Perguntas confusas, conteudistas, descoladas da realidade ou
que não avaliam o que deveriam. Esse foi o quadro geral apontado pelos alunos,
que se propuseram a discutir o Enem a partir dos itens das provas e não de
questões sobre o exame em
si. Avaliar não a que se propõe o Enem, mas o que está
acontecendo na prática. “Não se fala muito nesse assunto, fala-se em quebra de
sigilo, sistema do Sisu [Sistema de Selação Unificada], correção das provas”,
explica Maria Regina Dubeux Kawamura, uma das professoras orientadoras do
Programa de Pós-Graduação Interunidades em Ensino de Ciências.
Ela explica que existem, basicamente, três tipos de
avaliação. A formativa tem como foco o aprendizado do aluno e o método utilizado
é a aplicação de provas e trabalhos. Avaliações seletivas funcionam para, como
o nome sugere, selecionar concorrentes em concursos e vestibulares a partir de
um perfil pré-determinado. Por fim, há os exames institucionais, que servem
para adequar e avaliar empresas, universidades e projetos. O Enem ficaria nesse
limbo. É institucional porque faz ranqueamento de escolas. É seletivo porque,
pelo Sisu, funciona como “vestibular” para universidades federais e pretende-se
também formativo, já que o exame seria, em sua essência, uma maneira de os
alunos medirem o próprio conhecimento. “Mas ele não pode ser essas três coisas
ao mesmo tempo”, alerta Maria Regina.
Enem: prova seletiva - O Enem surgiu em 1998, com caráter formativo: será que
existe um jeito de se avaliar alguém com o sujeito se colocando e apresentando
suas competências, e não se baseando apenas na cobrança de conteúdos? “Não é
que escolas diferentes seriam avaliadas com qualidade diferente”, explica a
professora, mas alunos com históricos e vivências diversos seriam igualmente
passíveis de avaliação. É aí que, no lugar do conteúdo, aparece a noção de
“competências”, presentes até hoje no exame.

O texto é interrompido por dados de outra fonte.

//! Devices in memory: they tell their bytes, move few of them in a call, and fail when told to.
ghost use Rattle.std.specs.Prelude.{◌≡◌, ◌<◌, ◌≤◌, ◌+◌, ◌-◌, ◌^◌, ◌↔◌, ◌⊎◌, ◌++◌, [], min, length, IfOk, OnOk, OnErr, IsErr, IsTrue, vec_len, vec_capacity};
ghost use Rattle.std.specs.{Io.{ReadsAtMost, WritesAtMost}, Io.KnownBytes.{ReadConsumes, WriteAppends}};
ghost use Rattle.mal_io.specs.Moves.{Rose, FailsNext, IsFull};

use crate::device::{Failed, Sink, Source};
use std::alloc::{AllocError, Global};

/// The calls of a device in memory: how many bytes move in a call at most, which of the calls are told to fail, counted
/// from 1, how many calls there were, and how many faults.
#[derive(Drop)]
struct Calls<'a> {
    piece: usize,
    failing: &'a [u64],
    calls: u64,
    faults: u64,
    ghost moves: { 0 < piece },
}

impl<'a> Calls<'a> {
    /// Before the first call.
    fn none(piece: usize, failing: &'a [u64]) -> Self
        requires { 0 < piece }
        ensures piece { result.piece ≡ piece }
        ensures failing { result.failing.now ≡ failing.entry.now }
        ensures calls { result.calls ≡ 0 }
        ensures faults { result.faults ≡ 0 }
    {
        Calls {
            piece,
            failing,
            calls: 0,
            faults: 0,
        }
    }

    /// Counts a call, which fails where it was told to.
    fn next(&mut self) -> Result<(), Failed>
        ensures told { IsErr result ↔ FailsNext self.old.failing.now self.old.calls }
        ensures cause { OnErr result (Rose self.old.faults self.new.faults) }
        ensures later { self.old.faults ≤ self.new.faults }
        ensures counted { OnOk result (self.new.faults ≡ self.old.faults) }
        ensures calls { self.new.calls ≡ min (self.old.calls + 1) (2 ^ 64 - 1) }
        ensures same { (self.new.piece ≡ self.old.piece) × (self.new.failing.now ≡ self.old.failing.now) }
    {
        self.calls = self.calls.saturating_add(1);
        if self.failing.contains(&self.calls) {
            return Err(self.fail());
        }
        Ok(())
    }

    /// Counts a fault.
    fn fail(&mut self) -> Failed
        ensures cause { Rose self.old.faults self.new.faults }
        ensures later { self.old.faults ≤ self.new.faults }
        ensures calls { self.new.calls ≡ self.old.calls }
        ensures same { (self.new.piece ≡ self.old.piece) × (self.new.failing.now ≡ self.old.failing.now) }
    {
        self.faults = self.faults.saturating_add(1);
        Failed
    }
}

/// A source over a slice.
#[derive(Drop)]
pub struct MemSource<'a> {
    bytes: &'a [u8],
    calls: Calls<'a>,
}

impl<'a> MemSource<'a> {
    ghost use Rattle.mal_io.specs.Held.{source_left, source_calls};

    /// A source that gives `bytes`, at most `piece` (at least 1) of them in a call, and fails in the
    /// calls that `failing` numbers, counted from 1.
    pub fn new(bytes: &'a [u8], piece: usize, failing: &'a [u64]) -> Self
        requires { 0 < piece }
        ensures left { source_left result ≡ Some bytes.entry.now }
        ensures piece { (source_calls result).piece ≡ piece }
        ensures failing { (source_calls result).failing.now ≡ failing.entry.now }
        ensures faults { (source_calls result).faults ≡ 0 }
        ensures calls { (source_calls result).calls ≡ 0 }
    {
        MemSource {
            bytes,
            calls: Calls::none(piece, failing),
        }
    }
}

impl<'a> Source for MemSource<'a> {
    ghost use Rattle.mal_io.specs.Held.{source_left, source_calls};

    ghost left = { source_left };

    ghost faults = { λ s. (source_calls s).faults };

    fn take(&mut self, into: &mut [u8]) -> Result<usize, Failed>
        ensures bound { ReadsAtMost result into.new }
        ensures bytes { ReadConsumes (source_left self.old) (source_left self.new) result into.new }
        ensures later { (source_calls self.old).faults ≤ (source_calls self.new).faults }
        ensures cause { OnErr result (Rose (source_calls self.old).faults (source_calls self.new).faults) }
        ensures counted { OnOk result ((source_calls self.new).faults ≡ (source_calls self.old).faults) }
        ensures told { IsErr result ↔ FailsNext (source_calls self.old).failing.now (source_calls self.old).calls }
        ensures few { IfOk result (λ n. n ≤ (source_calls self.old).piece) }
        ensures calls { (source_calls self.new).calls ≡ min ((source_calls self.old).calls + 1) (2 ^ 64 - 1) }
    {
        self.calls.next()?;
        let count = into.len().min(self.calls.piece).min(self.bytes.len());
        let (front, rest) = self.bytes.split_at(count);
        into[..count].copy_from_slice(front);
        self.bytes = rest;
        Ok(count)
    }
}

/// A sink into a vector, with room for a number of bytes. A piece for which no room is left is a fault like any other.
#[derive(Drop)]
pub struct MemSink<'a> {
    bytes: Vec<u8>,
    room: usize,
    calls: Calls<'a>,
    ghost fits: { vec_len bytes + room ≤ vec_capacity bytes },
}

impl<'a> MemSink<'a> {
    ghost use Rattle.mal_io.specs.Held.{sink_got, sink_room, sink_calls};

    /// A sink that got nothing yet, has room for `room` bytes, takes at most `piece` (at least 1) bytes in a
    /// call, and fails in the calls that `failing` numbers, counted from 1.
    pub fn new(
        alloc: Global,
        room: usize,
        piece: usize,
        failing: &'a [u64],
    ) -> Result<Self, AllocError>
        requires { 0 < piece }
        ensures got { IfOk result (λ s. sink_got s ≡ Some []) }
        ensures room { IfOk result (λ s. sink_room s ≡ room) }
        ensures piece { IfOk result (λ s. (sink_calls s).piece ≡ piece) }
        ensures failing { IfOk result (λ s. (sink_calls s).failing.now ≡ failing.entry.now) }
        ensures faults { IfOk result (λ s. (sink_calls s).faults ≡ 0) }
        ensures calls { IfOk result (λ s. (sink_calls s).calls ≡ 0) }
    {
        let mut bytes = Vec::new(alloc);
        bytes.reserve(room)?;
        Ok(MemSink {
            bytes,
            room,
            calls: Calls::none(piece, failing),
        })
    }

    /// The bytes that it got, in order.
    pub fn bytes(&self) -> &[u8]
        ensures { Some result.now ≡ sink_got self.now }
    {
        self.bytes.as_slice()
    }
}

impl<'a> Sink for MemSink<'a> {
    ghost use Rattle.mal_io.specs.Held.{sink_got, sink_room, sink_calls};

    ghost got = { sink_got };

    ghost faults = { λ s. (sink_calls s).faults };

    fn put(&mut self, bytes: &[u8]) -> Result<usize, Failed>
        ensures bound { WritesAtMost result bytes.now }
        ensures bytes { WriteAppends (sink_got self.old) (sink_got self.new) result bytes.now }
        ensures moves { IfOk result (λ n. 0 < length bytes.now → 0 < n) }
        ensures later { (sink_calls self.old).faults ≤ (sink_calls self.new).faults }
        ensures cause { OnErr result (Rose (sink_calls self.old).faults (sink_calls self.new).faults) }
        ensures counted { OnOk result ((sink_calls self.new).faults ≡ (sink_calls self.old).faults) }
        ensures told { IsErr result
            ↔ (FailsNext (sink_calls self.old).failing.now (sink_calls self.old).calls
            ⊎ IsFull (sink_room self.old) bytes.now) }
        ensures few { IfOk result (λ n. n ≤ (sink_calls self.old).piece) }
        ensures room { IfOk result (λ n. sink_room self.new + n ≡ sink_room self.old) }
        ensures calls { (sink_calls self.new).calls ≡ min ((sink_calls self.old).calls + 1) (2 ^ 64 - 1) }
    {
        self.calls.next()?;
        if is_full(self.room, bytes) {
            return Err(self.calls.fail());
        }
        let count = bytes.len().min(self.calls.piece).min(self.room);
        let (front, _) = bytes.split_at(count);
        self.room -= count;
        push_all(&mut self.bytes, front);
        Ok(count)
    }
}

/// Whether no room is left for a piece that is not empty.
fn is_full(room: usize, bytes: &[u8]) -> bool
    ensures { IsTrue result ↔ IsFull room bytes.now }
{
    room == 0 && !bytes.is_empty()
}

/// Puts these bytes after the others, for which there is room. Takes no memory.
fn push_all(bytes: &mut Vec<u8>, front: &[u8])
    requires { vec_len bytes.old + length front.now ≤ vec_capacity bytes.old }
    ensures items { bytes.new.items ≡ bytes.old.items ++ front.now }
    ensures len { vec_len bytes.new ≡ vec_len bytes.old + length front.now }
    ensures capacity { vec_capacity bytes.new ≡ vec_capacity bytes.old }
{
    for byte in front {
        bytes.push_reserved(*byte);
    }
}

Maria Regina observa, porém, que pelo menos em seu campo de
trabalho, a física, a lista de “conteúdos” divulgada pelo Enem inclui os temas
mais tradicionais possíveis e não cita física moderna, embora haja na prova
muitas questões cobrando esse tipo de conhecimento.
A matemática, área que permeia os três setores da ciência
envolvidos no programa, também é motivo de discussão. Isso porque dividindo o
número de questões pelo tempo de prova, Maria Regina aponta uma média de três
minutos por questão. “No geral, só para ler as questões já é gasto bem mais do
que isso”, ela observa. Os doutorandos acreditam que não há tempo suficiente para
se fazer a prova e ressaltam também que questões da área de humanidades possuem
enunciados ainda mais longos. O desgaste dos concorrentes seria muito grande.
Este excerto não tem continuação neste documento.